Swami Keshwanand Rajasthan Agricultural University
- Former name: Rajasthan Agricultural University
- Type: Public
- Established: 1987; 39 years ago
- Affiliations: UGC, ICAR
- Chancellor: Governor of Rajasthan
- Vice-Chancellor: Rajendra Babu Dubey
- Location: Bikaner, Rajasthan, India, India
- Campus: Urban;
- Website: www.raubikaner.org

= Swami Keshwanand Rajasthan Agricultural University =

State university in Rajasthan, India

Swami Keshwanand Rajasthan Agricultural University (SKRAU), formerly Rajasthan Agricultural University, is a state agricultural university located in Bikaner in the Indian state Rajasthan.
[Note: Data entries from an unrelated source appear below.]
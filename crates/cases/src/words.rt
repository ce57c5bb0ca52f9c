// Reads the words of a case by the letters of its row, and writes the words of its answer (docs/CASES.md).

mod line;

ghost use Rattle.std.specs.Prelude.{◌≡◌, ◌<◌, option_map, Some, None};
ghost use Rattle.base.specs.Choice.{pick};
ghost use Rattle.base.specs.Writing.{Puts};
ghost use Rattle.cases.specs.Words.{limit_of, unread, with_number, given, step, numbers_past, sheet_at};
ghost use Rattle.cases.specs.Said.{number_text, hex_behind, call_text};

use base::Writer;
pub use line::{first_word, next_word};
use numbers::answers::{MALFORMED, REFUSAL};
use numbers::fields;
use step::MAX_BYTES;

// The most bytes that a sheet has that is read: more than any plan's sheet (docs/DECISIONS.md, 71).
pub const MOST_READ: usize = 2048;

// The greatest number that a letter allows. Letters are no enum: they are those of docs/CASES.md's rows, read as text.
fn limit(letter: u8) -> u32
    ensures { result ≡ limit_of letter }
{
    match letter {
        b'f' => 1,
        b'b' => u32::from(u8::MAX),
        b'h' => u32::from(u16::MAX),
        b'r' => fields::ROOM,
        _ => u32::MAX,
    }
}

// What the words of a case give: for each word a number in the row, and for a word of hex the count of its bytes there and the
// bytes themselves at the start of a buffer. Neither is a bounded list: a case reads its numbers by index, and an absent one is 0; and
// a count of bytes is one of its numbers, as the exported calls want it.
#[derive(Clone, Copy)]
pub struct Words {
    pub count: usize,
    pub row: [u32; 128],
    pub kept: [u8; MAX_BYTES],
    pub sheet: [u8; MOST_READ],
}

impl Words {
    // The words of a line of which none is read yet.
    pub(crate) fn unread() -> Words
        ensures { result ≡ unread }
    {
        Words {
            count: 0,
            row: [0; 128],
            kept: [0; MAX_BYTES],
            sheet: [0; MOST_READ],
        }
    }

    // The number of a letter's word. Of x and k, which are hex, it is the count of the word's bytes, which go to the start of a
    // buffer; of any other letter it is the number that the word spells. None where the word is not what its letter asks for.
    fn number(&mut self, letter: u8, word: &[u8]) -> Option<u32>
        ensures word { option_map (with_number self.new) result ≡ step letter word.now self.old }
        ensures count { self.new.count ≡ self.old.count }
    {
        match letter {
            b'x' => Some(text::hex_bytes(word, &mut self.sheet)? as u32),
            b'k' => Some(text::hex_bytes(word, &mut self.kept)? as u32),
            _ => text::number(word).ok().filter(|n| *n <= limit(letter)),
        }
    }

    // Stores the number of the next word.
    fn push(&mut self, number: u32)
        requires { self.old.count < 128 }
        ensures { self.new ≡ with_number self.old number }
    {
        self.row[self.count] = number;
        self.count += 1;
    }

    // Reads one word for each letter from the rest of a line onto what is there; false where a word is not what its letter asks for or
    // the line has more words, and then what is there is open. It reads in place, as a `Words` is 3 KB: a line of a short case takes
    // half the time of one that is answered by value.
    pub(crate) fn fill(&mut self, letters: &[u8], rest: &[u8]) -> bool
        ensures { pick result (Some self.new) None ≡ given rest.now letters.now self.old }
    {
        let mut rest = rest;
        for letter in letters {
            if rest.is_empty() {
                return *letter == b'o';
            }
            if 128 <= self.count {
                return false;
            }
            let (word, after) = next_word(rest);
            let Some(number) = self.number(*letter, word) else {
                return false;
            };
            self.push(number);
            rest = after;
        }
        rest.is_empty()
    }

    // Goes on from these words with those of the rest of a line; None as `fill` answers false.
    pub fn read_on(self, letters: &[u8], rest: &[u8]) -> Option<Words>
        ensures { result ≡ given rest.now letters.now self }
    {
        let mut words = self;
        if words.fill(letters, rest) {
            Some(words)
        } else {
            None
        }
    }

    // Reads one word for each letter from the rest of a line; None where a word is not what its letter asks for or the line has
    // more words.
    pub fn read(letters: &[u8], rest: &[u8]) -> Option<Words>
        ensures { result ≡ given rest.now letters.now unread }
    {
        Words::unread().read_on(letters, rest)
    }

    // The numbers that were read after the first i; None where fewer were read.
    pub fn numbers_past(&self, i: usize) -> Option<&[u32]>
        ensures { option_map (λ n. n.now) result ≡ numbers_past self.now i }
    {
        self.row.get(i..self.count)
    }

    // The bytes of the word of hex x whose count is number i of the row.
    pub fn sheet_at(&self, i: usize) -> &[u8]
        ensures { result.now ≡ sheet_at self.now i }
    {
        base::first(&self.sheet, fields::number_at(&self.row, i) as usize)
    }
}

// Writes an exported call's answer: `refused N` for a refusal, else the number. It goes by the call's number, as a case answers
// what the call answers.
fn write_number(out: &mut Writer<'_, u8>, r: u64)
    ensures { Puts out.old (number_text r) out.new }
{
    if (REFUSAL..=REFUSAL + 255).contains(&r) {
        text::replies::write_refused(out, (r % 256) as u8);
    } else {
        text::write_decimal(out, r);
    }
}

// Writes a space and the bytes in hex; nothing where there are no bytes.
#[tactic(auto, using(base::proofs::Writing::put_more, base::proofs::Writing::put_none, crate::proofs::Steps::behind_some))]
fn write_behind(out: &mut Writer<'_, u8>, bytes: &[u8])
    ensures { Puts out.old (hex_behind bytes.now) out.new }
{
    if !bytes.is_empty() {
        out.put(b' ');
        text::write_hex(out, bytes);
    }
}

// Writes an exported call's answer, then the numbers and the bytes that it leaves; `bad case` where it is malformed.
#[tactic(auto, using(base::proofs::Writing::put_more), unfolding(crate::specs::Said::call_text))]
pub fn write_call(out: &mut Writer<'_, u8>, r: u64, row: &[u32], bytes: &[u8])
    ensures { Puts out.old (call_text r row.now bytes.now) out.new }
{
    if r == MALFORMED {
        text::replies::write_bad(out);
    } else {
        write_number(out, r);
        text::replies::write_spaced(out, row);
        write_behind(out, bytes);
    }
}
The university, formerly a part of the Mohanlal Sukhadia University, Udaipur became a separate entity in 1987 through Rajasthan Agriculture University, Bikaner Act, 1987. It was renamed after freedom fighter and social reformer Swami Keshwanand in 2009. Raksha Pal Singh was appointed vice chancellor in 2019.

==Campuses and colleges==

The University consists of three colleges. College of Agriculture, Home Science and Agriculture Business Management. College of agriculture, Jobner was separated from it and was made a University in 2013.
The constitute colleges include:
- College of Agriculture, Bikaner
- College of Community Science, Bikaner
- Institute of Agribusiness Management, Bikaner
- Academic Staff College cum Distance Education Centre, Bikaner
The university is authorized to provide instruction in Agriculture and Allied Sciences which include Horticulture, Veterinary & Animal Sciences, Home Science and Agri-Business Management. It has also been authorized in other fields of agricultural learning, which the University may deem fit. It is empowered to maintain academic institutions, dealing with agriculture, veterinary and animal sciences, home science, agri-business management, etc., to carry out instruction in these faculties, hold examinations, and confer degrees, diplomas, pertaining to professional qualifications.